Authors: Alexandre Passant, Ian Mulvany, Peter Mika, Nicolas Maisonneuve, Alexander Löser, Ciro Cattuto, Christian Bizer, Christian Bauckhage, and Harith Alani

Published in: Dagstuhl Seminar Proceedings, Volume 8391, Social Web Communities (2008)


Abstract
A common social problem at an event in which people do not personally know all of the other participants is the natural tendency for cliques to form and for discussions to mainly happen between people who already know each other. This limits the possibility for people to make interesting new acquaintances and acts as a retarding force in the creation of new links in the social web. Encouraging users to socialize with people they don't know by revealing to them hidden surprising links could help to improve the diversity of interactions at an event. The goal of this paper is to propose a method for detecting extit{"surprising"} relationships between people attending an event. By extit{"surprising"} relationship we mean those relationships that are not known a-priori, and that imply shared information not directly related with the local context of the event (location, interests, contacts) at which the meeting takes place. To demonstrate and test our concept we used the Flickr community.
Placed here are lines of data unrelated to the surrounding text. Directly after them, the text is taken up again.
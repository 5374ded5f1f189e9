// The cell of one column of a stripe of the window, written anew where it is damaged and known.
ghost use Rattle.std.specs.Prelude.{◌≡◌, ◌<◌, [], length, get_or, IfOk, IfErr, Some, true};
ghost use Rattle.parity_writer.specs.WindowRow.{bytes_of};
ghost use Rattle.stripe_reader.specs.WindowValue.{slot_at};
ghost use Rattle.stripe_examiner.specs.Marks.{mark_in};
ghost use Rattle.file_restorer.specs.Mending.{CanWrite, with_state};
ghost use Rattle.repair_scope.specs.Plan.{EntriesFit, cell_at, seen};
ghost use Rattle.snap_fix.specs.Handed.{CanExamineOne, CanMendIn, MendsIn, MendsNotIn};
ghost use Rattle.snap_fix.specs.RepairSteps.{column_outside, WritesBlockOf, WritesNotBlockOf, is_repaired_by};
ghost use Rattle.stripe_examiner.specs.Findings.{is_lost_by};
ghost use Rattle.file_restorer.specs.State.{state_in};
ghost use Rattle.stripe_examiner.specs.Showing.{is_damaged_mark};

use super::Repaired;
use crate::plan::Examined;
use disk_model::{Failed, Folder, Sink};
use file_restorer::{States, mend_cell};
use file_table::{Cell, Table};
use repair_scope::{Plan, is_synced, selects_cell};
use snap_report::events::Event;
use snap_report::{Lines, Report, tell};
use stripe_examiner::{CellMark, SlotMark};
use stripe_reader::{Found, Starts, Window};

// The bytes of a cell, without the zeros behind them.
fn cell_bytes(window: &Window, i: u32, d: u32) -> &[u8]
    requires stripe { i < window.now.count }
    requires column { d < length window.now.lanes }
    ensures { result.now ≡ bytes_of (slot_at window.now i d) }
{
    let cell = window.cell(i, d);
    let block = window.block(i, d);
    match cell.found {
        Found::Bytes => &block[..block.len().min(cell.got as usize)],
        _ => &block[..0],
    }
}

// Keeps that a block of the file of a record is lost.
fn lose(states: &mut States, d: u32, i: u32)
    requires column { d < length states.old }
    requires rec { i < length (get_or states.old d []) }
    ensures { states.new ≡ with_state states.old d i
        (record (state_in states.old d i) { lost = true }) }
{
    let state = &mut states.columns[d as usize][i as usize];
    state.lost = true;
}

// Whether a cell is damaged, by its mark.
fn is_damaged(mark: CellMark) -> bool
    ensures { result ≡ is_damaged_mark mark }
{
    !matches!(mark, CellMark::Whole)
}

// What became of a column of a stripe and of its cell.
fn mark_of(one: &Examined<'_>, d: u32) -> SlotMark
    requires { d < length one.now.own.now.marks.items }
    ensures { result ≡ mark_in one.now.own.now.marks.items d }
{
    one.own.marks[d as usize]
}

// Whether a selected cell is lost, by its marks.
fn is_lost(plan: &Plan<'_>, one: &Examined<'_>, d: u32, mark: SlotMark) -> bool
    requires entries { EntriesFit plan.now.table.now plan.now.entries.now }
    requires stripe { one.now.stripe < length plan.now.table.now.infos }
    requires column { d < length plan.now.table.now.columns }
    ensures { result ≡ is_lost_by (seen plan.now) one.now.stripe mark one.now.own.now.known d }
{
    let synced = is_synced(plan, one.stripe);
    selects_cell(plan, one.stripe, d) && mark.is_unknown(synced, one.own.known)
}

// Whether a cell is to be written, by its marks.
fn is_repaired(plan: &Plan<'_>, one: &Examined<'_>, d: u32, cell: Cell, mark: SlotMark) -> bool
    requires entries { EntriesFit plan.now.table.now plan.now.entries.now }
    requires stripe { one.now.stripe < length plan.now.table.now.infos }
    requires column { d < length plan.now.table.now.columns }
    requires cell { cell_at (seen plan.now) one.now.stripe d ≡ Some cell }
    ensures { result ≡ is_repaired_by (seen plan.now) one.now.stripe mark one.now.own.now.known d }
{
    selects_cell(plan, one.stripe, d)
        && is_damaged(mark.cell)
        && mark.is_known(is_synced(plan, one.stripe), one.own.known)
        && !plan.entries.at(d, cell.rec).blocked
}

// A cell, and the stripe and the column where it stands.
#[derive(Clone, Copy)]
struct Spot {
    stripe: u32,
    disk: u32,
    cell: Cell,
}

// Writes the block of a cell and tells it. Where its file is gone, the cell is lost, and that is told.
fn write_cell<F: Folder, W: Sink>(
    table: &Table,
    at: Spot,
    bytes: &[u8],
    starts: &mut Starts,
    states: &mut States,
    folder: &mut F,
    lines: &mut Lines<'_, W>,
    reports: &mut Vec<Box<dyn Report>>,
) -> Result<Repaired, Failed>
    requires can { CanWrite table.now at.disk at.cell bytes.now starts.old states.old (F.view folder.old) }
    ensures written { IfOk result (WritesBlockOf W.view standing stands table.now at.stripe at.disk at.cell bytes.now
        (column_outside starts.old states.old (F.view folder.old) lines.old reports.old.items)
        (column_outside starts.new states.new (F.view folder.new) lines.new reports.new.items)) }
    ensures failed { IfErr result (λ _. WritesNotBlockOf W.view standing stands table.now at.disk at.cell bytes.now
        (column_outside starts.old states.old (F.view folder.old) lines.old reports.old.items)
        (column_outside starts.new states.new (F.view folder.new) lines.new reports.new.items)) }
{
    let (stripe, disk, cell) = (at.stripe, at.disk, at.cell);
    let written = mend_cell(table, disk, cell, bytes, starts, states, folder)?;
    if written {
        let event = Event::Fixed {
            stripe,
            disk,
            rec: cell.rec,
            index: cell.index,
        };
        tell(reports, lines, table, &event);
        return Ok(Repaired::WRITTEN);
    }
    lose(states, disk, cell.rec);
    let event = Event::Lost {
        stripe,
        disk,
        rec: cell.rec,
        index: cell.index,
    };
    tell(reports, lines, table, &event);
    Ok(Repaired::GONE)
}

/// Writes the cell of a column where it is selected, damaged and known, and its file isn't blocked. Where it is selected,
/// damaged and not known, its record has a lost block then.
pub(super) fn mend_column<F: Folder, W: Sink>(
    plan: &Plan<'_>,
    one: &Examined<'_>,
    d: u32,
    starts: &mut Starts,
    states: &mut States,
    folder: &mut F,
    lines: &mut Lines<'_, W>,
    reports: &mut Vec<Box<dyn Report>>,
) -> Result<Repaired, Failed>
    requires can { CanExamineOne (seen plan.now) one.now }
    requires mend { CanMendIn (seen plan.now) one.now d starts.old states.old (F.view folder.old) }
    ensures mended { IfOk result (MendsIn W.view standing stands (seen plan.now) one.now d
        (column_outside starts.old states.old (F.view folder.old) lines.old reports.old.items)
        (column_outside starts.new states.new (F.view folder.new) lines.new reports.new.items)) }
    ensures failed { IfErr result (λ _. MendsNotIn W.view standing stands (seen plan.now) one.now d
        (column_outside starts.old states.old (F.view folder.old) lines.old reports.old.items)
        (column_outside starts.new states.new (F.view folder.new) lines.new reports.new.items)) }
{
    let mark = mark_of(one, d);
    if !is_damaged(mark.cell) {
        return Ok(Repaired::NONE);
    }
    let Some(cell) = one.window.table_cell(one.slot, d) else {
        return Ok(Repaired::NONE);
    };
    if is_lost(plan, one, d, mark) {
        lose(states, d, cell.rec);
        return Ok(Repaired::NONE);
    }
    if !is_repaired(plan, one, d, cell, mark) {
        return Ok(Repaired::NONE);
    }
    let bytes = cell_bytes(one.window, one.slot, d);
    let (stripe, disk) = (one.stripe, d);
    let at = Spot { stripe, disk, cell };
    write_cell(
        plan.table, at, bytes, starts, states, folder, lines, reports,
    )
}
We focused on a community of users associated with a social event (a computer science conference) and represented in Flickr by means of a photo pool devoted to the event. We use Flickr metadata (tags) to mine for user similarity not related to the context of the event, as represented in the corresponding Flickr group. For example, we look for two group members who have been in the same highly specific place (identified by means of geo-tagged photos), but are not friends of each other and share no other common interests or, social neighborhood.

Cite as

Alexandre Passant, Ian Mulvany, Peter Mika, Nicolas Maisonneuve, Alexander Löser, Ciro Cattuto, Christian Bizer, Christian Bauckhage, and Harith Alani. 08391 Group Summary – Mining for Social Serendipity. In Social Web Communities. Dagstuhl Seminar Proceedings, Volume 8391, pp. 1-11, Schloss Dagstuhl – Leibniz-Zentrum für Informatik (2008)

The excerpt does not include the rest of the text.